AN EXAMINATION OF THE APPROPRIATE COURT SEIZED WITH JURISDICTION

The proper Court that is seized with the requisite jurisdiction to entertain an application where the infringement of fundamental right occurred in more than one State is still a topical but serious question. This is because, it is the fact and circumstance of the case and not the fancy of the applicant that will determine the State High Court to approach as a Court of competent jurisdiction.

However, the starting point of note is the famous provision of Section 46(1) of the 1999 Constitution which provides:

“Any person who alleges that any of the provisions of this Chapter has been, is being or likely to be contravened in any State in relation to him may apply to a High Court in that State for redress.”

From the above provision, it is obvious that the applicant can only apply to “a High Court in that State for redress”. Put differently, by the above provision and coupled with Order 1 Rule 2 of the Fundamental Rights Enforcement Procedure Rules, 2009, it is the Federal/State High Court where the breach occurred that the applicant can approach and no more ! Therefore, in the light of Section 46(1) above, what if the infringement occurred in more than one State ?
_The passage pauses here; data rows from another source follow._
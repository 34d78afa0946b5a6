//! The table of the catalogue's members.

ghost use Rattle.std.specs.Prelude.{◌≡◌, ◌<◌, ◌≤◌, map};
ghost use Rattle.allowlist.specs.Catalogue.{catalogue};
ghost use Rattle.allowlist.specs.Rows.{seen_row};
ghost use Rattle.allowlist.specs.Allow.{start_of, iface_method_of};

use crate::table::How::{
    Added, AddedPrelude, Field, Instance, Makes, Prelude, Static, StaticPrelude,
};
use pl_types::Primitive;
use pl_types::classes::{
    ARITHMETIC_EXCEPTION, ARRAY_INDEX_OUT_OF_BOUNDS_EXCEPTION, ARRAY_LIST, BI_CONSUMER,
    BI_FUNCTION, BI_PREDICATE, BOOLEAN as BOOLEAN_BOX, BYTE as BYTE_BOX, CHAR_SEQUENCE, CHARACTER,
    CLASS_CAST_EXCEPTION, CLASS_COUNT, COLLECTION, COLLECTIONS, COMPARABLE, COMPARATOR,
    CONCURRENT_MODIFICATION_EXCEPTION, CONSUMER, ENTRY, EXCEPTION, FUNCTION, HASH_MAP, HASH_SET,
    ILLEGAL_ARGUMENT_EXCEPTION, ILLEGAL_STATE_EXCEPTION, INDEX_OUT_OF_BOUNDS_EXCEPTION, INTEGER,
    ITERABLE, ITERATOR, LINKED_HASH_MAP, LINKED_HASH_SET, LIST, LONG as LONG_BOX, MAP, MATH,
    NEGATIVE_ARRAY_SIZE_EXCEPTION, NO_SUCH_ELEMENT_EXCEPTION, NULL_POINTER_EXCEPTION, NUMBER,
    NUMBER_FORMAT_EXCEPTION, OBJ_INT_CONSUMER, OBJECT, PREDICATE, PRELUDE, RUNTIME_EXCEPTION,
    SCRIPT_DOC_VALUES, SET, SHORT as SHORT_BOX, STRING, STRING_BUILDER,
    STRING_INDEX_OUT_OF_BOUNDS_EXCEPTION, SUPPLIER, TO_INT_FUNCTION, TO_LONG_FUNCTION,
    UNARY_OPERATOR, UNSUPPORTED_OPERATION_EXCEPTION,
};

/// A type that is no array, as a row of the table has it.
#[derive(Clone, Copy)]
pub enum Element {
    Def,
    Prim(Primitive),
    Class(u32),
}

/// A type as a row of the table has it.
#[derive(Clone, Copy)]
pub enum TypeRow {
    Void,
    One(Element),
    Array(Element),
    /// The class that the row is of.
    Owner,
}

/// How a member is used, and whose work it is.
#[derive(Clone, Copy)]
pub enum How {
    /// A constructor.
    Makes,
    Field,
    Static,
    Instance,
    /// The language adds it.
    Added,
    /// A function of the prelude.
    Prelude,
    StaticPrelude,
    AddedPrelude,
}

/// A member as the table has it: its class, how it is used, its result, its name and its parameters.
pub struct Row(
    pub u32,
    pub How,
    pub TypeRow,
    pub &'static str,
    pub &'static [TypeRow],
);

const OWNER: TypeRow = TypeRow::Owner;

const DEF: TypeRow = TypeRow::One(Element::Def);

const BOOLEAN: TypeRow = TypeRow::One(Element::Prim(Primitive::Boolean));

const OF_STRING: TypeRow = TypeRow::One(Element::Class(STRING));

const INT: TypeRow = TypeRow::One(Element::Prim(Primitive::Int));

const CHAR: TypeRow = TypeRow::One(Element::Prim(Primitive::Char));

const BYTE: TypeRow = TypeRow::One(Element::Prim(Primitive::Byte));

const SHORT: TypeRow = TypeRow::One(Element::Prim(Primitive::Short));

const LONG: TypeRow = TypeRow::One(Element::Prim(Primitive::Long));

const OF_INTEGER: TypeRow = TypeRow::One(Element::Class(INTEGER));

const OF_LONG: TypeRow = TypeRow::One(Element::Class(LONG_BOX));

const OF_CHAR_SEQUENCE: TypeRow = TypeRow::One(Element::Class(CHAR_SEQUENCE));

const OF_ITERABLE: TypeRow = TypeRow::One(Element::Class(ITERABLE));

const OF_STRING_ARRAY: TypeRow = TypeRow::Array(Element::Class(STRING));

const CHAR_ARRAY: TypeRow = TypeRow::Array(Element::Prim(Primitive::Char));

const OF_STRING_BUILDER: TypeRow = TypeRow::One(Element::Class(STRING_BUILDER));

const VOID: TypeRow = TypeRow::Void;

const OF_ITERATOR: TypeRow = TypeRow::One(Element::Class(ITERATOR));

const OF_CONSUMER: TypeRow = TypeRow::One(Element::Class(CONSUMER));

const OF_PREDICATE: TypeRow = TypeRow::One(Element::Class(PREDICATE));

const OF_LIST: TypeRow = TypeRow::One(Element::Class(LIST));

const OF_OBJ_INT_CONSUMER: TypeRow = TypeRow::One(Element::Class(OBJ_INT_CONSUMER));

const OF_FUNCTION: TypeRow = TypeRow::One(Element::Class(FUNCTION));

const OF_MAP: TypeRow = TypeRow::One(Element::Class(MAP));

const OF_COLLECTION: TypeRow = TypeRow::One(Element::Class(COLLECTION));

const DEF_ARRAY: TypeRow = TypeRow::Array(Element::Def);

const OF_UNARY_OPERATOR: TypeRow = TypeRow::One(Element::Class(UNARY_OPERATOR));

const OF_COMPARATOR: TypeRow = TypeRow::One(Element::Class(COMPARATOR));

const OF_SET: TypeRow = TypeRow::One(Element::Class(SET));

const OF_BI_FUNCTION: TypeRow = TypeRow::One(Element::Class(BI_FUNCTION));

const OF_BI_CONSUMER: TypeRow = TypeRow::One(Element::Class(BI_CONSUMER));

const OF_BI_PREDICATE: TypeRow = TypeRow::One(Element::Class(BI_PREDICATE));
A judicial decision on the point would beam more light on this discourse. In ANYAECHE & ANOR v. NDUKA(2017) LPELR-42459(CA), the Applicant was arrested by the Police at his shop at No. 50 Sapele/Agbor Road Obiaruku Delta State while he was taken to Umuahia, Abia State of which he was detained at Abia State for 3 weeks, therefore, he filed an application for the enforcement of his fundamental rights at the Delta State High Court, that is, the (Delta) State where he was initially arrested. The High Court of Delta State assumed jurisdiction and found in favour of the applicant. However, the Court of Appeal held that the Delta State High Court lacks jurisdiction because the main reliefs sought by the appellant are premised on the events that occurred in Abia State and not Delta State and also, he failed to proof the illegality of his arrest at Delta State.
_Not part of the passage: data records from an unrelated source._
//! The members that take all that a collection or a map holds.
ghost use Rattle.std.specs.Prelude.{◌≡◌, [], IfOk};
ghost use Rattle.object_heap.specs.Parts.{pairs_of};
ghost use Rattle.api_map.specs.declared.arguments.Keyed.TheVariants as keyed_is;
ghost use Rattle.container_outcomes.specs.Outcomes.{Tells};
ghost use Rattle.api_map.specs.Sources.{elements, with_keys};
ghost use Rattle.api_map.specs.Whole as spec;

use crate::arguments::{Keyed, keyed_at, map_at};
use crate::guards::{may_put_all, takes_puts};
use crate::making::{MapClass, SetClass};
use crate::sources::{Source, are_keys, copied, put_keys, source_at};
use container_outcomes::{Outcome, is_open, not_simple, null_error, unsupported};
use object_heap::Heap;
use object_values::{Guard, Object, Pairs, Value};
use std::alloc::AllocError;

// The elements as keys.
fn keys_of(heap: &Heap, source: Source) -> Result<Pairs, AllocError>
    ensures { IfOk result (λ keys. keys ≡ with_keys [] (elements heap.now.objects source)) }
{
    let mut keys = Pairs::new(heap.alloc(), heap.seed());
    put_keys(heap, source, &mut keys)?;
    Ok(keys)
}

fn added_from(heap: &Heap, id: u32, source: Source) -> Outcome
    ensures { Tells (spec.added_from heap.now.objects id source) result }
{
    if !are_keys(heap, source) {
        return not_simple(heap);
    }
    match keys_of(heap, source) {
        Ok(keys) => Outcome::AddsAll(id, keys),
        Err(_) => Outcome::NoMemory,
    }
}

fn added_to(heap: &Heap, id: u32, source: Option<Source>) -> Outcome
    ensures { Tells (spec.added_all heap.now.objects source (keyed_is.Set id)) result }
{
    if !is_open(heap, id) {
        return unsupported();
    }
    match source {
        Some(source) => added_from(heap, id, source),
        None => null_error(),
    }
}

fn added_all(heap: &Heap, source: Option<Source>, keyed: Keyed) -> Outcome
    ensures { Tells (spec.added_all heap.now.objects source keyed) result }
{
    match keyed {
        Keyed::Set(id) => added_to(heap, id, source),
        Keyed::View(_, _) => unsupported(),
    }
}

fn pairs_copied(heap: &Heap, from: u32) -> Result<Pairs, AllocError>
    ensures { IfOk result (λ copy. copy ≡ pairs_of heap.now.objects from) }
{
    match heap.pairs(from) {
        Some(pairs) => copied(heap, pairs),
        None => Ok(Pairs::new(heap.alloc(), heap.seed())),
    }
}

fn put_from(heap: &Heap, id: u32, from: u32) -> Outcome
    ensures { Tells (spec.put_from heap.now.objects id from) result }
{
    if !may_put_all(heap, id, from) {
        return unsupported();
    }
    match pairs_copied(heap, from) {
        Ok(pairs) => Outcome::PutsAll(id, pairs),
        Err(_) => Outcome::NoMemory,
    }
}

fn put_all_of(heap: &Heap, from: Option<u32>, id: u32) -> Outcome
    ensures { Tells (spec.put_all_of heap.now.objects from id) result }
{
    if !takes_puts(heap, id) {
        return unsupported();
    }
    match from {
        Some(from) => put_from(heap, id, from),
        None => null_error(),
    }
}

fn set_made(class: SetClass, heap: &Heap, source: Source) -> Outcome
    ensures { Tells (spec.set_made class heap.now.objects source) result }
{
    match keys_of(heap, source) {
        Ok(items) => {
            Outcome::New(Object::Set {
                class: class.number(),
                items,
                guard: Guard::Open,
                changes: 0,
            })
        }
        Err(_) => Outcome::NoMemory,
    }
}

fn set_of(class: SetClass, heap: &Heap, source: Source) -> Outcome
    ensures { Tells (spec.set_of class heap.now.objects source) result }
{
    if are_keys(heap, source) {
        set_made(class, heap, source)
    } else {
        not_simple(heap)
    }
}

fn map_of(class: MapClass, heap: &Heap, from: u32) -> Outcome
    ensures { Tells (spec.map_of class heap.now.objects from) result }
{
    match pairs_copied(heap, from) {
        Ok(pairs) => {
            Outcome::New(Object::Map {
                class: class.number(),
                pairs,
                guard: Guard::Open,
                changes: 0,
            })
        }
        Err(_) => Outcome::NoMemory,
    }
}

/// `addAll(Collection)`.
pub fn add_all(heap: &Heap, args: &[Value]) -> Outcome
    ensures { Tells (spec.add_all heap.now.objects args.now) result }
{
    match keyed_at(heap, args, 0) {
        Some(keyed) => added_all(heap, source_at(heap, args, 1), keyed),
        None => null_error(),
    }
}

/// `putAll(Map)`.
pub fn put_all(heap: &Heap, args: &[Value]) -> Outcome
    ensures { Tells (spec.put_all heap.now.objects args.now) result }
{
    match map_at(heap, args, 0) {
        Some(map) => put_all_of(heap, map_at(heap, args, 1), map),
        None => null_error(),
    }
}

/// `new HashSet(Collection)` and `new LinkedHashSet(Collection)`.
pub fn new_set_of(class: SetClass, heap: &Heap, args: &[Value]) -> Outcome
    ensures { Tells (spec.new_set_of class heap.now.objects args.now) result }
{
    match source_at(heap, args, 0) {
        Some(source) => set_of(class, heap, source),
        None => null_error(),
    }
}

/// `new HashMap(Map)` and `new LinkedHashMap(Map)`.
pub fn new_map_of(class: MapClass, heap: &Heap, args: &[Value]) -> Outcome
    ensures { Tells (spec.new_map_of class heap.now.objects args.now) result }
{
    match map_at(heap, args, 0) {
        Some(from) => map_of(class, heap, from),
        None => null_error(),
    }
}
The Court of Appeal therefore on this point held in ANYAECHE & ANOR v. NDUKA(2017) LPELR-42459(CA) thus:

“It is my candid but respectful submission that where as in the instant case, the alleged wrong being complained of, is said to have arisen from a State other than the State in which the case is being initiated, that would be against the spirit of Section 46 (2) of the Constitution, and therefore lacking in competence. I am fortified in this decision upon the authority of Adumu vs Comptroller of Prisons (supra). The case having been initiated in violation of the spirit of the section of the Constitution, by the authority of the age old case of Madukolu vs Nkemdilim (1962) ANLR 167, robed the lower Court of jurisdiction to entertain and to determine same. I am not enthused by the argument offered by the learned counsel for the respondent, in trying to state rather belatedly that the wrongs complained of, indeed took place in Delta state, this is because the argument is in conflict with the relief initially claimed and granted by the trial Court.”

Besides, the concurrent jurisdiction of the Federal High Court with respect to enforcement of fundamental rights is still a vexed question of law, but this writer at this stage and in this write up is only concerned with the appropriate venue or judicial division of the Federal High Court to approach where (assumably) it has jurisdiction.

No doubt, there is only one Federal High Court in Nigeria by virtue of Section 249(1) of the 1999 Constitution and Section 1(1) of the Federal High Court Act also, Section 19(1) of the Federal High Court Act empowers the Chief Judge of the Court to divide the Court into administrative divisions for the purpose of convenience. Similarly, Order 2 Rule 1 of the Fundamental Rights Enforcement Procedure Rules, 2009 gives the applicant a liberty, in case no division of the Federal High Court is in the State where the infringement occurred, to approach a judicial division designated for that State.

From the forgoing analysis, if for example, an infringement occurred in Lagos State, where there is a division of the Federal High Court_ can an applicant approach the Abuja division for the enforcement of his right simply because there is one Federal High Court in Nigeria ?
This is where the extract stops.